The overall winner of the ProAm classification will be crowned on Sunday when the one-make cup contests its 16th and final round of the season with the Porsche 911 GT3 Cup.
Larry ten Voorde, who had already been crowned champion, started from pole position but opened the door for his teammates Hartog and van Eijndhoven, who started directly behind him, to pass him before the first corner.
“The plan is to help Huub to his first podium in the Porsche Carrera Cup Deutschland and to let Loek score as many points as possible in the fight for second place overall,” said team manager Torsten van Haasteren.
This tactic proved 100 percent successful.
“My victory is great. But it’s even better to see three GP Elite drivers on the podium,” stated Hartog. The 21-year-old Dutchman had built up an impressive lead of over five seconds before a safety car bunched the field together shortly before the finish.

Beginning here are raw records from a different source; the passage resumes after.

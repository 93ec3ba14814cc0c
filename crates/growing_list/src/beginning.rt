//! Beginnings of the list.
ghost use Rattle.std.specs.Prelude.{◌≡◌, ◌<◌, length, MatchBool};
ghost use mathlib.Core.List.{IsPrefix};

use crate::rule::{Counts, Naming};
use logbook::Seen;
use std::marker::{Model, PhantomData};

/// A beginning of the list, which contracts see as its entries. It is a number when it runs, and
/// may go to any thread.
#[derive(Drop)]
pub struct Beginning<E, J: Naming> {
    pub(crate) count: u64,
    pub(crate) seen: Seen<E, u64, Counts>,
    pub(crate) of: PhantomData<J>,
}

impl<E, J: Naming> Model for Beginning<E, J> {
    ghost use Rattle.std.specs.Prelude.{◌≡◌, List, length};

    ghost Value = { List E };

    ghost view = { λ b. b.seen.log };

    ghost invariant = { λ b. (b.count ≡ length b.seen.log) × (b.seen.book ≡ J.book) };
}

impl<E, J: Naming> Beginning<E, J> {
    /// How many entries it has.
    pub fn len(&self) -> u64
        ensures { result ≡ length self.now }
    {
        self.count
    }

    /// The same beginning. It takes no memory.
    pub fn again(&self) -> Beginning<E, J>
        ensures { result ≡ self.now }
    {
        Beginning {
            count: self.count,
            seen: self.seen.again(),
            of: PhantomData,
        }
    }

    /// Whether it begins the other. If it doesn't, the other begins it, and is shorter.
    pub fn begins(&self, other: &Beginning<E, J>) -> bool
        ensures { MatchBool result (IsPrefix self.now other.now)
            (IsPrefix other.now self.now × (length other.now < length self.now)) }
    {
        let mut both = self.seen.again();
        both.learn(&other.seen);
        self.count <= other.count
    }
}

Nevertheless, Hartog refused to relinquish his fourth victory of the season.
Hartog received the trophy for this success from Alexander Pollich, CEO at Porsche Deutschland GmbH.
“Congratulations to the winners of today’s race and to the 2023 champions,” commented Pollich. “Here in Hockenheim, an exciting season has come to an end in which drivers and teams have treated fans to top-class motorsport. Not only were there drivers from roughly a dozen European countries, but we also had participants from Kuwait, Australia and Israel.
Three-way battle for second place continues
With his victory in Saturday’s race, Hartog advanced to third overall and closed the gap to overall runner-up Bastian Buus (Allied-Racing). Heading into the final race of the season tomorrow — watch on SPEEDSPORT1.com — only eight points separate the Porsche Junior from Denmark and his Dutch rival.
Buus finished the first race of the weekend in seventh place. Briton Harry King, Buus’ teammate at Allied-Racing, who finished the race sixth, still has an outside chance of taking the honours behind champion ten Voorde with a gap of 20 points.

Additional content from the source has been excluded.